With fresh lamb from my sisters farm only prepared this last night and the cooler weather today, it was the perfect opportunity for trying the Lamb and Beer Curry :icon_drool2:


----------



## DU99 (26/9/11)

i used girello (pickled) for the jerky worked a treat..


----------



## bowie in space (27/9/11)

Just got a copy from friends for my birthday  It's given me a great excuse to brew more varieties of beer!

Congats on the book mate, it is an absolute winner. The presentation and photography alone are brilliant. Top work :icon_cheers: 

Bowie


----------



## Mercs Own (2/10/11)

I am looking into producing the mustard, chutney, bbq sauce and the rib rub commercially and hope that if all goes well I could have them on the market for Xmas. If any one makes them I would welcome any feedback as I can make tweeks to them during the upscaling process of making two jars at home to 600 jars in the commercial kitchen.

I will do two versions of the chutney - mild and hot.

Thinking on calling it - Paul Mercurio's Beerlicious Range - got to work out a label design too.


----------



## drew9242 (2/10/11)

Hey merc, I intend to try out the mustard tomorrow with some bratwurst and sourkrout. Will let you know how it goes.


----------



## drew9242 (4/10/11)

Made the mustard and wow it was good. You are right about kick arse, it has some poke when you lick it out of the bowl. All my friends here loved it with bratwurst dogs. I used my oktoberfest beer in it cause that was all i had. But otherwise easy recipe with great results will be making more when i run out of this batch. Cheers!!


----------



## Mercs Own (5/10/11)

Drew9242 said:


> Made the mustard and wow it was good. You are right about kick arse, it has some poke when you lick it out of the bowl. All my friends here loved it with bratwurst dogs. I used my oktoberfest beer in it cause that was all i had. But otherwise easy recipe with great results will be making more when i run out of this batch. Cheers!!

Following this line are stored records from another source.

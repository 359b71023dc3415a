// The body of a BMP Initiation message (RFC 7854, section 4.3).
#![tactic(auto)]

ghost use Rattle.std.specs.Prelude.{◌≡◌};
ghost use Rattle.wire.specs.Tlv.{Tlv, size_of};
ghost use Rattle.initiation_message.specs.Shown.{type_of, kind_of, info_of, entry, zero_tlv};
ghost use Rattle.initiation_message.specs.Read.{step, stop_behind, read_initiation};

use cursor::Cursor;
use walk::lent::{Entry, Step};
use wire::{Refusal, View};

#[derive(Clone, Copy)]
pub enum InitiationTlvType {
    String,
    SysDescr,
    SysName,
    VrTableName,
    AdminLabel,
    Unknown(u16),
}

// A TLV as the wire has it: its type, its length, and the place of its value.
#[derive(Clone, Copy)]
pub struct InitiationTlv {
    pub kind: u16,
    pub info_len: u16,
    pub place: u32,
}

// The TLVs, of which the first count are used; the others are zero.
#[derive(Clone, Copy)]
pub struct InitiationMessage {
    pub tlvs: [InitiationTlv; wire::TLV_PLACES],
    pub count: usize,
}

// The stop is what the Rust has consumed, the tail starts where the last TLV ends: after an oversized length they differ by 4.
#[derive(Clone, Copy)]
pub struct InitiationAnswer {
    pub stop: usize,
    pub tail: usize,
    pub message: InitiationMessage,
}

impl InitiationTlvType {
    // The number that stands for the type on the wire.
    #[tactic(auto, unfolding(crate::specs::Shown::kind_of))]
    pub fn number(self) -> u16
        ensures { result ≡ kind_of self }
    {
        match self {
            InitiationTlvType::String => 0,
            InitiationTlvType::SysDescr => 1,
            InitiationTlvType::SysName => 2,
            InitiationTlvType::VrTableName => 3,
            InitiationTlvType::AdminLabel => 4,
            InitiationTlvType::Unknown(n) => n,
        }
    }
}

impl InitiationTlv {
    // The name of the TLV's type.
    #[tactic(auto, unfolding(crate::specs::Shown::type_of))]
    pub fn info_type(self) -> InitiationTlvType
        ensures { result ≡ type_of self.kind }
    {
        let kind = self.kind;
        match kind {
            0 => InitiationTlvType::String,
            1 => InitiationTlvType::SysDescr,
            2 => InitiationTlvType::SysName,
            3 => InitiationTlvType::VrTableName,
            4 => InitiationTlvType::AdminLabel,
            _ => InitiationTlvType::Unknown(kind),
        }
    }

    // Where the value stands.
    pub fn info(self) -> View
        ensures { result ≡ info_of self }
    {
        View {
            place: self.place as usize,
            length: self.info_len as usize,
        }
    }
}

// Reads the body of an Initiation message: its TLVs, up to 32, and where its tail starts.
pub fn parse_initiation_message(s: &[u8]) -> Result<InitiationAnswer, Refusal>
    ensures { result ≡ read_initiation s.now }
{
    let mut tlvs = [InitiationTlv::NONE; wire::TLV_PLACES];
    let walked = walk::lent::walk(s, 0, s.len(), &mut tlvs)?;
    Ok(InitiationAnswer {
        stop: walked.stop,
        tail: walked.end,
        message: InitiationMessage {
            tlvs,
            count: walked.count,
        },
    })
}

impl Entry for InitiationTlv {
    const NONE: InitiationTlv = InitiationTlv {
        kind: 0,
        info_len: 0,
        place: 0,
    };

    ghost Item = { Tlv };

    ghost step = { step };

    ghost size = { size_of };

    ghost entry = { entry };

    ghost NONE = { zero_tlv };

    ghost stop_at = { stop_behind };

    // A TLV is read while more than a head is left. None is refused: what is not whole is the tail.
    #[tactic(auto, using(crate::proofs::Steps::answers))]
    fn step_at(s: &[u8], at: usize, slot: &mut InitiationTlv) -> Result<Step, Refusal> {
        let Some(head) = tlv_head::read_head(Cursor { at }, s, 1) else {
            return Ok(Step::Stop(at));
        };
        let place = head.value.at;
        let size = head.length as usize;
        if wire::left(s, place) < size {
            return Ok(Step::Stop(place));
        }
        *slot = InitiationTlv {
            kind: head.kind,
            info_len: head.length,
            place: place as u32,
        };
        Ok(Step::Whole(Cursor { at: place + size }))
    }
}

#[cfg(test)]
mod tests {
    use super::*;
    use std::test::Fail;

    // Two whole TLVs, and a tail of three bytes.
    const BODY: [u8; 14] = [0, 2, 0, 1, 114, 0, 1, 0, 2, 118, 49, 9, 9, 9];

    #[test]
    fn a_step_hands_back_its_entry(rt: HostRuntime) -> Result<(), Fail> {
        let found = <InitiationTlv as walk::Entry>::step_at(&BODY, 5)
            .ok()
            .ok_or("refused")?;
        let walk::Step::Whole(tlv, next) = found else {
            return Err(Fail::from("no TLV"));
        };
        assert_eq!(rt; (tlv.kind, tlv.info_len, tlv.place, next.at), (1, 2, 9, 11));
        let end = <InitiationTlv as walk::Entry>::step_at(&BODY, 11);
        assert!(rt; matches!(end, Ok(walk::Step::Stop(11))));
        Ok(())
    }

    #[test]
    fn a_walk_by_value_fills_the_table(rt: HostRuntime) -> Result<(), Fail> {
        let mut table = [InitiationTlv::NONE; 2];
        let walked = walk::walk(&BODY, 0, BODY.len(), &mut table)
            .ok()
            .ok_or("refused")?;
        assert_eq!(rt; (walked.count, walked.end, walked.stop), (2, 11, 11));
        assert_eq!(rt; (table[0].kind, table[0].place), (2, 4));
        assert_eq!(rt; (table[1].kind, table[1].place), (1, 9));
        let full = walk::walk(&BODY, 0, BODY.len(), &mut table[..1])
            .map(|walked| walked.count)
            .map_err(|refusal| (refusal.number, refusal.place));
        assert_eq!(rt; full, Err((wire::TOO_MANY, 5)));
        Ok(())
    }
}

Thanks Drew - appreciate the feedback. Did you use an egg in it also and put it over the simmering water...? I do like the kick it gives!!

cheers


----------



## drew9242 (5/10/11)

Mercs Own said:


> Thanks Drew - appreciate the feedback. Did you use an egg in it also and put it over the simmering water...? I do like the kick it gives!!
> 
> cheers



I did put it over simmering water for 3 minutes which thickened it up nicely. But due to not knowing how long it will be in my fridge i didn't worry about the egg. I will try some with the egg when i got my oktoberfest party. 

Just had some mustard on my sandwich for lunch mmmmmm yumo!!! Defiantly will be making again.


----------



## kenlock (5/10/11)

Made the Chicken and Leek Pie. Substituted out the spices and saison for Cajun spice and Brewdog Punk IPA clone.  Turned out fantastic! :icon_drool2:


----------



## DU99 (5/10/11)

Have to try that.. :icon_drool2:


----------



## Sully (6/10/11)

Making the spicy beetroot chutney now for this weekends Bathurst Sunday BBQ and it smells awesome... will be making the mustard & BBQ sauce as well.


----------



## jayahhdee (7/10/11)

Got home from work yesterday and was handed this "gift" from my girlfriend. Now i saw gift because she is the one that will use it but is saying its for me because it has beer in the title, had a look through and some of the recipes look great especially some of the deserts. Will report back when we've dived in to it further.


----------



## dkaos (12/10/11)

Bought your book tonight Merc after making the pretzels a few weeks ago. They were bloody delicious! So many amazing recipes in here, I really can't wait to get into them all. Guys if you're on the fence about getting it, just do it!


----------



## Mercs Own (13/10/11)

Sully said:


> Making the spicy beetroot chutney now for this weekends Bathurst Sunday BBQ and it smells awesome... will be making the mustard & BBQ sauce as well.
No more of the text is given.